* Task item *
Reproduce the entries below exactly, but only from the line containing "let mut count = 0;" to the line containing "gather(ends, marks, &sequence.rows);", inclusive.

(Source records)
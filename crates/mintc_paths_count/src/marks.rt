//! Marks at bits, of up to 128 elements at a time: whether a path leads there from each of them.
ghost use Rattle.std.specs.Prelude.{◌≡◌, ◌≢◌, ◌⊎◌, ◌+◌, ◌*◌, ◌<◌, ◌≤◌, ℕ, List, length, max, slice_index_or, false, OnOk};
ghost use Rattle.mintc_text.specs.declared.limits.TheConstants.{MOST_ELEMENTS};
ghost use Rattle.mintc_timing.specs.Paths.{input_of};
ghost use Rattle.mintc_timing.specs.declared.parts.TimingArc.{TimingArc};
ghost use Rattle.mintc_paths_sums.specs.Placed.{row_of};
ghost use Rattle.mintc_paths.specs.Worklist.{IsReady, IsAwake};
ghost use Rattle.mintc_paths.specs.Leaving.{AreLeaving};
ghost use Rattle.mintc_paths.specs.Ordered.{Ordered, IsSequenceOf};
ghost use Rattle.mintc_paths.specs.Sums.{AreRows};
ghost use Rattle.mintc_paths_count.specs.Count.{AreListed};
ghost use Rattle.mintc_paths_count.specs.Marks.{mark_in, marks_at, AreMarksBegun, AreMarksAlong, AreMarksReached};

use mintc_bitset::Stamps;
use mintc_paths::{ArcSequence, Rows, Worklist};
use mintc_timing::TimingArc;
use std::alloc::AllocError;

/// The marks of 128 elements, a bit for each.
#[derive(Clone, Copy)]
pub(crate) struct Marks {
    pub words: [u64; 2],
}

/// The marks where no path leads.
pub(crate) const NO_MARKS: Marks = Marks { words: [0; 2] };

/// The mark of a lane, 1 where it is set.
pub(crate) fn mark_of(marks: &Marks, lane: usize) -> u64
    requires { lane < 128 }
    ensures { result ≡ mark_in marks.now lane }
{
    (marks.words[lane / 64] >> (lane % 64)) & 1
}

/// Sets the mark of a lane in a row.
fn set(marks: &mut [Marks], row: usize, lane: usize)
    requires row { row < length marks.old }
    requires lane { lane < 128 }
    ensures others { (other : ℕ) → other ≢ row → marks_at marks.new other ≡ marks_at marks.old other }
    ensures lanes { (other : ℕ) → other ≢ lane →
        mark_in (marks_at marks.new row) other ≡ mark_in (marks_at marks.old row) other }
    ensures own { mark_in (marks_at marks.new row) lane ≡ 1 }
{
    let at = &mut marks[row];
    at.words[lane / 64] |= 1 << (lane % 64);
}

/// How many rows are looked at together, of which mostly none is reached.
const ROWS_TOGETHER: usize = 64;

/// Whether one of these rows is reached.
fn is_any_reached(reached: &Stamps, first: usize, end: usize) -> bool
    requires { end ≤ length reached.now }
    ensures { result ≡ false → (row : ℕ) → first ≤ row → row < end → slice_index_or reached.now row false ≡ false }
{
    let mut any = false;
    for row in first..end {
        any |= reached.at(row);
    }
    any
}

/// Takes away the marks in these rows.
fn wipe_rows(marks: &mut [Marks], first: usize, end: usize)
    requires order { first ≤ end }
    requires within { end ≤ length marks.old }
    ensures none { (row : ℕ) → first ≤ row → row < end → marks_at marks.new row ≡ NO_MARKS }
    ensures others { (row : ℕ) → (row < first) ⊎ (end ≤ row) → marks_at marks.new row ≡ marks_at marks.old row }
{
    for row in first..end {
        marks[row] = NO_MARKS;
    }
}

/// Takes away the marks in the rows that were reached.
fn wipe(marks: &mut [Marks], reached: &mut Stamps)
    requires marked { AreMarksReached marks.old reached.old }
    ensures none { (row : ℕ) → row < length marks.new → marks_at marks.new row ≡ NO_MARKS }
    ensures marked { AreMarksReached marks.new reached.new }
    ensures off { (row : ℕ) → slice_index_or reached.new row false ≡ false }
{
    let mut first = 0;
    while first < marks.len() {
        let end = marks.len().min(first + ROWS_TOGETHER);
        if is_any_reached(reached, first, end) {
            wipe_rows(marks, first, end);
        }
        first = end;
    }
    reached.clear();
}

/// Sets the marks of so many elements, each at its own output, and no others.
fn begin(
    marks: &mut [Marks],
    reached: &mut Stamps,
    awake: &mut Worklist,
    sequence: &ArcSequence,
    first: u32,
    lanes: usize,
)
    requires lanes { lanes ≤ 128 }
    requires outputs { 2 * (first + lanes) ≤ length marks.old }
    requires rows { AreRows (length marks.old) sequence.now.rows }
    requires leaving { AreLeaving sequence.now.along.items (length marks.old) sequence.now.leaving }
    requires marked { AreMarksReached marks.old reached.old }
    requires ready { IsReady (length sequence.now.along.items) awake.old }
    ensures begun { AreMarksBegun (length marks.old) sequence.now.rows.of_bits.items first lanes marks.new }
    ensures marked { AreMarksReached marks.new reached.new }
    ensures awake { IsAwake sequence.now.along.items 0 reached.new awake.new }
{
    wipe(marks, reached);
    awake.renew(sequence.along.len());
    for lane in 0..lanes {
        let row = sequence.rows.of_bits[2 * (first as usize + lane) + 1];
        set(marks, row as usize, lane);
        awake.reach(reached, sequence, row);
    }
}

/// The marks that are set in one of two rows.
#[tactic(auto, using(std::proofs::lemmas::Nat::Bits::bit_at_or))]
fn union_of(a: &Marks, b: &Marks) -> Marks
    ensures { (lane : ℕ) → lane < 128 → mark_in result lane ≡ max (mark_in a.now lane) (mark_in b.now lane) }
{
    Marks {
        words: [a.words[0] | b.words[0], a.words[1] | b.words[1]],
    }
}

/// Sets in the row that the arc enters what is set in the row that it leaves, if that is reached.
fn carry(
    marks: &mut [Marks],
    reached: &mut Stamps,
    awake: &mut Worklist,
    sequence: &ArcSequence,
    arc: TimingArc,
)
    requires from { arc.from < length marks.old }
    requires to { arc.to < length marks.old }
    requires marked { AreMarksReached marks.old reached.old }
    requires leaving { AreLeaving sequence.now.along.items (length marks.old) sequence.now.leaving }
    requires ready { IsReady (length sequence.now.along.items) awake.old }
    ensures marked { AreMarksReached marks.new reached.new }
    ensures awake { (place : ℕ) → IsAwake sequence.now.along.items place reached.old awake.old
        → IsAwake sequence.now.along.items place reached.new awake.new }
    ensures others { (row : ℕ) → row ≢ arc.to → marks_at marks.new row ≡ marks_at marks.old row }
    ensures joined { (lane : ℕ) → lane < 128
        → mark_in (marks_at marks.new arc.to) lane
        ≡ max (mark_in (marks_at marks.old arc.to) lane) (mark_in (marks_at marks.old arc.from) lane) }
{
    if reached.at(arc.from as usize) {
        awake.reach(reached, sequence, arc.to);
        let to = arc.to as usize;
        marks[to] = union_of(&marks[to], &marks[arc.from as usize]);
    }
}

/// Makes the marks those of the listed paths, and of the empty ones, from so many elements. A row without marks isn't
/// marked as reached. Only the arcs that leave rows that are reached are looked at.
pub(crate) fn mark_all(
    marks: &mut [Marks],
    reached: &mut Stamps,
    awake: &mut Worklist,
    sequence: &ArcSequence,
    first: u32,
    lanes: usize,
)
    ghost of: { Ordered }
    requires sequence { IsSequenceOf (length marks.old) of sequence.now }
    requires lanes { lanes ≤ 128 }
    requires elements { first + lanes ≤ length of.design.elements }
    requires marked { AreMarksReached marks.old reached.old }
    requires ready { IsReady (length sequence.now.along.items) awake.old }
    ensures marked { AreMarksReached marks.new reached.new }
    ensures ready { IsReady (length sequence.now.along.items) awake.new }
    ensures along { AreMarksAlong (length marks.old) of.design.arcs of.order
        (length of.order) sequence.now.rows.of_bits.items first lanes marks.new }
{
    begin(marks, reached, awake, sequence, first, lanes);
    let mut place = awake.next(0);
    while place < sequence.along.len() {
        awake.pass(place);
        let arc = sequence.along[place];
        carry(marks, reached, awake, sequence, arc);
        place = awake.next(place + 1);
    }
}

/// The marks at the inputs of the elements.
pub(crate) fn gather(ends: &mut [Marks], marks: &[Marks], rows: &Rows)
    requires inputs { 2 * length ends.old ≤ length marks.now }
    requires rows { AreRows (length marks.now) rows.now }
    ensures { (to : ℕ) → to < length ends.new →
        marks_at ends.new to ≡ marks_at marks.now (row_of rows.now.of_bits.items (input_of to)) }
{
    for to in 0..ends.len() {
        ends[to] = marks[rows.of_bits[2 * to] as usize];
    }
}

/// Lists the elements whose inputs are reached, in ascending order.
pub(crate) fn list_reached(
    listed: &mut Vec<u32>,
    reached: &Stamps,
    rows: &Rows,
    elements: u32,
) -> Result<(), AllocError>
    requires limit { elements ≤ MOST_ELEMENTS }
    requires inputs { 2 * elements ≤ length reached.now }
    requires rows { AreRows (length reached.now) rows.now }
    ensures { OnOk result ((marks : List Marks) → AreMarksReached marks reached.now
        → AreListed (λ to. marks_at marks (row_of rows.now.of_bits.items (input_of to))
        ≡ NO_MARKS) elements listed.new.items) }
{
    listed.clear();
    for to in 0..elements {
        let row = rows.of_bits[2 * to as usize];
        if reached.at(row as usize) {
            listed.push(to)?;
        }
    }
    Ok(())
}
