//! The number of a design's pairs.
ghost use Rattle.std.specs.Prelude.{◌≡◌, ◌<◌, ◌≤◌, ◌+◌, ◌*◌, length, IfOk, IfErr, OnOk};
ghost use Rattle.mintc_text.specs.declared.limits.TheConstants.{MOST_ELEMENTS};
ghost use Rattle.mintc_text.specs.Limits.{AreLimits};
ghost use Rattle.mintc_text.specs.Stops.{StopsAt};
ghost use Rattle.mintc_timing.specs.Design.{Design};
ghost use Rattle.mintc_timing.specs.Order.{IsOrder, ArePathsShort};
ghost use Rattle.mintc_paths.specs.Worklist.{IsReady};
ghost use Rattle.mintc_paths_count.specs.Bound.{HasFewPairs};
ghost use Rattle.mintc_paths_count.specs.Count.{AreEndsOf, AreListed, IsCountBefore, IsPairCount};
ghost use Rattle.mintc_paths_count.specs.Marks.{marks_at, AreMarksReached};
ghost use Rattle.mintc_paths.specs.Found.{most_count};
ghost use Rattle.mintc_paths.specs.Ordered.{Ordered, IsSequenceOf, ordered};
ghost use Rattle.mintc_paths.specs.Refusals.{IsExtremesRefusal};
ghost use Rattle.mintc_paths.specs.Sums.{IsSequence};

use crate::back::count_back;
use crate::bound::are_plainly_few;
use crate::marks::{Marks, NO_MARKS, gather, list_reached, mark_all, mark_of};
use mintc_bitset::Stamps;
use mintc_paths::{
    ArcSequence, Worklist, bound_is_within_limit, extremes, is_backward_cheaper, sequence_of,
};
use mintc_text::{Kind, Limits, Refusal, Stop};
use mintc_timing::{Flat, Order};
use std::alloc::{AllocError, Global};

/// The number of pairs before and from an element, whose marks at the inputs are in this lane. No path leads to an
/// input that isn't listed.
#[tactic(auto, using(crate::proofs::Listing::IsCountToEnd_more))]
fn count_from(count: u64, ends: &[Marks], listed: &[u32], element: u32, lane: usize) -> u64
    ghost design: { Design }
    requires inputs { length ends.now ≡ length design.elements }
    requires few { length design.elements ≤ MOST_ELEMENTS }
    requires element { element < length design.elements }
    requires lane { lane < 128 }
    requires ends { AreEndsOf design element lane ends.now }
    requires listed { AreListed (λ to. marks_at ends.now to ≡ NO_MARKS) (length design.elements) listed.now }
    requires count { IsCountBefore design element 0 count }
    ensures { IsCountBefore design (element + 1) 0 result }
{
    let mut count = count;
    for to in listed {
        count += mark_of(&ends[*to as usize], lane);
    }
    count
}

/// The number of all pairs of a design with as many elements as there are ends, which are marked by 128 at a time.
fn count_each(
    alloc: Global,
    sequence: &ArcSequence,
    marks: &mut [Marks],
    reached: &mut Stamps,
    awake: &mut Worklist,
    ends: &mut [Marks],
) -> Result<u64, AllocError>
    ghost of: { Ordered }
    requires sequence { IsSequenceOf (length marks.old) of sequence.now }
    requires inputs { length ends.old ≡ length of.design.elements }
    requires marked { AreMarksReached marks.old reached.old }
    requires ready { IsReady (length sequence.now.along.items) awake.old }
    ensures { IfOk result (IsCountBefore of.design (length of.design.elements) 0) }
{
    let elements = ends.len() as u32;
    let mut listed = Vec::new(alloc);
    let mut count = 0;
    let mut first = 0;
    while first < elements {
        let lanes = (elements - first).min(128);
        mark_all(marks, reached, awake, sequence, first, lanes as usize);
        gather(ends, marks, &sequence.rows);
        list_reached(&mut listed, reached, &sequence.rows, elements)?;
        for lane in 0..lanes {
            count = count_from(count, ends, &listed, first + lane, lane as usize);
        }
        first += lanes;
    }
    Ok(count)
}

/// The number of all pairs of a design with so many elements, along a sequence of its arcs.
pub(crate) fn count_along(
    alloc: Global,
    sequence: &ArcSequence,
    elements: u32,
) -> Result<u64, AllocError>
    ghost of: { Ordered }
    requires sequence { IsSequenceOf (length sequence.now.rows.of_bits.items) of sequence.now }
    requires count { elements ≡ length of.design.elements }
    ensures count { IfOk result (IsCountBefore of.design (length of.design.elements) 0) }
{
    let bits = sequence.rows.of_bits.len();
    let mut marks = vec![in alloc; NO_MARKS; bits]?;
    let mut reached = Stamps::new(alloc, bits)?;
    let mut awake = Worklist::new(alloc, sequence.along.len())?;
    let mut ends = vec![in alloc; NO_MARKS; elements as usize]?;
    count_each(
        alloc,
        sequence,
        &mut marks,
        &mut reached,
        &mut awake,
        &mut ends,
    )
}

/// The number of all pairs, from the outputs on.
fn count_forward(
    alloc: Global,
    flat: &Flat,
    order: &Order,
    sequence: &ArcSequence,
) -> Result<u64, AllocError>
    ghost of: { Ordered }
    requires of { of ≡ ordered flat.now order.now }
    requires order { IsOrder flat.now.arcs order.now }
    requires sequence { IsSequence (2 * length flat.now.elements + length flat.now.inner) flat.now.arcs order.now
        sequence.now }
    ensures { IfOk result (IsCountBefore flat.now (length flat.now.elements) 0) }
{
    let elements = flat.element_count();
    count_along(alloc, sequence, elements)
}

/// The number of all pairs, by the way that has less to carry. Without inner bits that is from the outputs on.
fn count_all(
    alloc: Global,
    flat: &Flat,
    order: &Order,
    sequence: ArcSequence,
) -> Result<u64, AllocError>
    requires order { IsOrder flat.now.arcs order.now }
    requires sequence { IsSequence (2 * length flat.now.elements + length flat.now.inner) flat.now.arcs order.now
        sequence }
    ensures count { IfOk result (IsCountBefore flat.now (length flat.now.elements) 0) }
    ensures few { IfOk result (λ count. count ≤ most_count) }
{
    if !flat.inner().items().is_empty() && is_backward_cheaper(alloc, flat)? {
        return count_back(alloc, flat, order, sequence);
    }
    count_forward(alloc, flat, order, &sequence)
}

/// Refuses a design with more pairs than the limit, or with a path that is too long. The pairs aren't counted where a
/// look at the arcs tells that they are few. The refusals are those of `extremes`.
pub fn refuse_pairs(alloc: Global, limits: &Limits, flat: &Flat, order: &Order) -> Result<(), Stop>
    requires { IsOrder flat.now.arcs order.now }
    ensures few { OnOk result (HasFewPairs limits.now flat.now) }
    ensures short { OnOk result (ArePathsShort flat.now) }
    ensures stop { IfErr result (StopsAt (IsExtremesRefusal limits.now flat.now)) }
    ensures kept { AreLimits limits.now }
{
    if are_plainly_few(alloc, limits, flat, order)? {
        return Ok(());
    }
    count_pairs(alloc, limits, flat, order)?;
    Ok(())
}

/// The number of the design's pairs, without a list of them. The refusals are those of `extremes`.
pub fn count_pairs(alloc: Global, limits: &Limits, flat: &Flat, order: &Order) -> Result<u64, Stop>
    requires { IsOrder flat.now.arcs order.now }
    ensures count { IfOk result (IsPairCount flat.now) }
    ensures few { IfOk result (λ count. count ≤ limits.now.pairs) }
    ensures short { OnOk result (ArePathsShort flat.now) }
    ensures stop { IfErr result (StopsAt (IsExtremesRefusal limits.now flat.now)) }
    ensures kept { AreLimits limits.now }
{
    let most = limits.most();
    let sequence = sequence_of(alloc, flat, order)?;
    let known_short = bound_is_within_limit(alloc, flat, order, &sequence)?;
    if !known_short {
        let pairs = extremes(alloc, limits, flat, order)?;
        return Ok(pairs.len() as u64);
    }
    let count = count_all(alloc, flat, order, sequence)?;
    let limit = most.pairs as u64;
    if count > limit {
        return Err(Stop::Refused(Refusal::Limit {
            kind: Kind::Pairs,
            count,
        }));
    }
    Ok(count)
}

* Task response *
    let mut count = 0;
    let mut first = 0;
    while first < elements {
        let lanes = (elements - first).min(128);
        mark_all(marks, reached, awake, sequence, first, lanes as usize);
        gather(ends, marks, &sequence.rows);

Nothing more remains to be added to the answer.